Example 4: How Does Commercial Traffic Compare to Personal In this Traffic Jam?
Commercial vehicles often take a lot of blame for traffic jams, and policy makers often find it easier to work with commercial traffic to provide incentives to shift driving time. Many of our customers like to compare the behavior of commercial and personal vehicles in the same traffic jam.
For example, as shown below, we see the “load curve” of personal vehicles throughout the day on a particular segment that has terrible morning rush hour congestion (purple line). Local stakeholders complain that big trucks exacerbate the problem. We can also look at the load curve for commercial vehicles (yellow line). Finally, we look at the share of commercial vehicles on the road segment going to two nearby warehouses (yellow area).
We see in fact that the commercial vehicles peak after the morning rush with the exception of the trucks going to the two warehouses. Now policy makers can target their outreach and incentives to this particular set of drivers. This is a simplified example, but demonstrates the value of analyzing both types of driving together.
Example 5: Freight and Economic Development
Many, many customers want to answer a simple question – what share of the vehicles using my roads are actually doing something for my community (either stopping for lunch or picking up goods)? This is also called an Internal-External analysis. StreetLight InSight can answer this question in a few clicks.
For example, the image below shows an analysis of I-95 southbound going into Richmond, Virginia. The chart shows the share of vehicles that stop in the city versus those that pass through and leave by a particular roadway. We see that more personal vehicles than commercial vehicles are actually going to the greater Richmond area ( 42% vs. 29%). This alone is useful information to a transportation planner.
We also see that passing-through trucks are twice as likely to take I-295 SB out than personal vehicles. This offers intriguing possibilities – why do the trucks prefer it? Are there toll or road stop implications worth considering?

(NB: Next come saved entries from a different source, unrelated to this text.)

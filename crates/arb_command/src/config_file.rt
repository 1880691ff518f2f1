//! A configuration file, read whole, and the machine that it describes.

use crate::one_line::OneLine;
use arb_config::{ConfigFault, Topology};
use arb_script::{ReadFault, read_text};
use arb_share::Watched;
use std::rt::Files;
use std::{fmt, fs};

/// The most bytes that a configuration may have.
pub const MAX_CONFIG: usize = 65_536;

/// Why a file gave no machine.
#[derive(Clone, Copy)]
pub enum FileFault<'a> {
    /// The file of this name can't be opened. The name is printed within one line.
    CannotOpen(&'a str),
    /// The file can't be read whole, or has more than [`MAX_CONFIG`] bytes.
    Read(ReadFault),
    /// The text is refused, or memory ran out.
    Config(ConfigFault),
}

impl fmt::Display for FileFault<'_> {
    fn fmt<W: fmt::Write>(&self, f: &mut fmt::Formatter<W>) -> fmt::Result {
        match self {
            FileFault::CannotOpen(file) => write!(f, "cannot open {}", OneLine(file)),
            FileFault::Read(fault) => write!(f, "{fault}"),
            FileFault::Config(fault) => write!(f, "{fault}"),
        }
    }
}

/// The machine that a configuration file describes. A file that isn't UTF-8 is no TOML.
pub fn machine_of<'a, R: Files + AllocGlobal>(
    rt: &R,
    file: &'a str,
) -> Result<Topology, FileFault<'a>> {
    let Ok(reader) = fs::open(rt, file) else {
        return Err(FileFault::CannotOpen(file));
    };
    let text = match read_text(rt.alloc(), &mut Watched::new(reader), MAX_CONFIG) {
        Ok(text) => text,
        Err(ReadFault::NotText) => return Err(FileFault::Config(ConfigFault::NotToml)),
        Err(fault) => return Err(FileFault::Read(fault)),
    };
    match Topology::from_text(rt.alloc(), text.as_str()) {
        Ok(machine) => Ok(machine),
        Err(fault) => Err(FileFault::Config(fault)),
    }
}
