// A waiting list that notes what is taken.
#![tactic(auto)]

ghost use Rattle.std.specs.Prelude.{◌≡◌, Some};
ghost use Rattle.lists.specs.Waits.{Cleared, Put, Took};
ghost use Rattle.noting.specs.Notes.{Blank, Noted, Follows};
ghost use Rattle.std.proofs.Common.{rules};

use keys::Key;
use lists::{PutRefusal, WaitingList};
use std::alloc::Global;

// What was taken, complete until memory fails to note a pair. A flag, since the pairs are kept also where one is lost.
#[derive(Drop)]
struct Log<P: Copy> {
    pairs: Vec<P>,
    complete: bool,
}

impl<P: Copy> Log<P> {
    fn new(heap: Global) -> Log<P>
        ensures { Blank result }
    {
        Log {
            pairs: Vec::new(heap),
            complete: true,
        }
    }

    // Adds a pair to a complete log, which is complete no longer where there is no memory for it.
    fn note(&mut self, pair: P)
        ensures noted { Noted self.old (Some pair) self.new }
        ensures follows { Follows self.old (Some pair) self.new }
    {
        self.complete = self.complete && self.pairs.push(pair).is_ok();
    }

    fn restart(&mut self)
        ensures { Blank self.new }
    {
        self.pairs.clear();
        self.complete = true;
    }
}

// A list with the log of its takes.
#[derive(Drop)]
pub struct Noting<W: WaitingList> {
    inner: W,
    log: Log<(usize, W::Key)>,
}

impl<W: WaitingList> Noting<W> {
    pub fn new(heap: Global, inner: W) -> Noting<W>
        ensures inner { result.inner ≡ inner }
        ensures log { Blank result.log }
    {
        Noting {
            inner,
            log: Log::new(heap),
        }
    }

    // What was taken since the start or the last restart.
    pub fn noted(&self) -> &[(usize, W::Key)]
        ensures { result.now ≡ self.now.log.pairs.items }
    {
        self.log.pairs.as_slice()
    }

    // Whether no note was lost.
    pub fn complete(&self) -> bool
        ensures { result ≡ self.now.log.complete }
    {
        self.log.complete
    }

    // Forgets what was noted, and leaves the list as it is.
    pub fn restart(&mut self)
        ensures inner { self.new.inner ≡ self.old.inner }
        ensures log { Blank self.new.log }
    {
        self.log.restart();
    }
}

impl<W: WaitingList> WaitingList for Noting<W> {
    type Key = W::Key;

    ghost places = { λ s. W.places s.inner };

    ghost waiting = { λ s. W.waiting s.inner };

    ghost ordered = { λ s. W.ordered s.inner };

    ghost within = { Prim.search rules };

    fn capacity(&self) -> usize {
        self.inner.capacity()
    }

    fn clear(&mut self)
        ensures cleared { let list = ⟦<Noting<W> as WaitingList>⟧ in Cleared list.places list.waiting list.ordered self.old self.new }
        ensures log { self.new.log ≡ self.old.log }
    {
        self.inner.clear();
    }

    fn put(&mut self, rank: usize, key: W::Key) -> Result<(), PutRefusal>
        ensures put { let list = ⟦<Noting<W> as WaitingList>⟧ in list.ordered self.old → Put list.places list.waiting list.ordered W.Key.Key.leq self.old rank key result self.new }
        ensures log { self.new.log ≡ self.old.log }
    {
        self.inner.put(rank, key)
    }

    fn take(&mut self) -> Option<(usize, W::Key)>
        ensures took { let list = ⟦<Noting<W> as WaitingList>⟧ in list.ordered self.old → Took list.places list.waiting list.ordered W.Key.Key.leq self.old result self.new }
        ensures noted { Noted self.old.log result self.new.log }
        ensures follows { Follows self.old.log result self.new.log }
    {
        let pair = self.inner.take()?;
        self.log.note(pair);
        Some(pair)
    }
}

Example 6: Freight and Tolling
Many clients are interested in the tolling implications of our metrics. For example, a client in San Diego wanted to know if recent changes in tolling prices had in fact resulted in drivers moving to a less-congested roadway. The metrics revealed that, in fact, personal drivers reacted as expected in the morning rush hour. But commercial drivers appeared not to react at all. Thus, the policy makers not only had confirmation that their policy worked, but guidance in how to spend time and outreach efforts to make it work even better.
The Next Five Years
In conclusion, here are the main opportunities, challenges, and trends we see for Big Data for commercial and freight analytics in the next five years.
- Empirical measurement radically speeding up and enriching what behaviors can be measured and modeled.
- Measuring changes over time for deeper understanding of impacts of policies and infrastructure investments.
- An emphasis on measuring goods movement and non-goods movement transportation interacting in the same system.
- Integration of mobile data with IoT sensors data.
- Ensuring Industrial and personal data privacy (hint: use professional processors like StreetLight!)
- Figuring out how to define “goods movement.”
- Helping communities go beyond using Big Data to simply replace surveys, but implement transformational measurement practices.
In the future, we see a broader, more complex definition of goods movement in more constrained city environments with more complex regulatory and infrastructure planning demands. The best way to begin to measure, manage, and model this future is to use Big Data-driven analytics.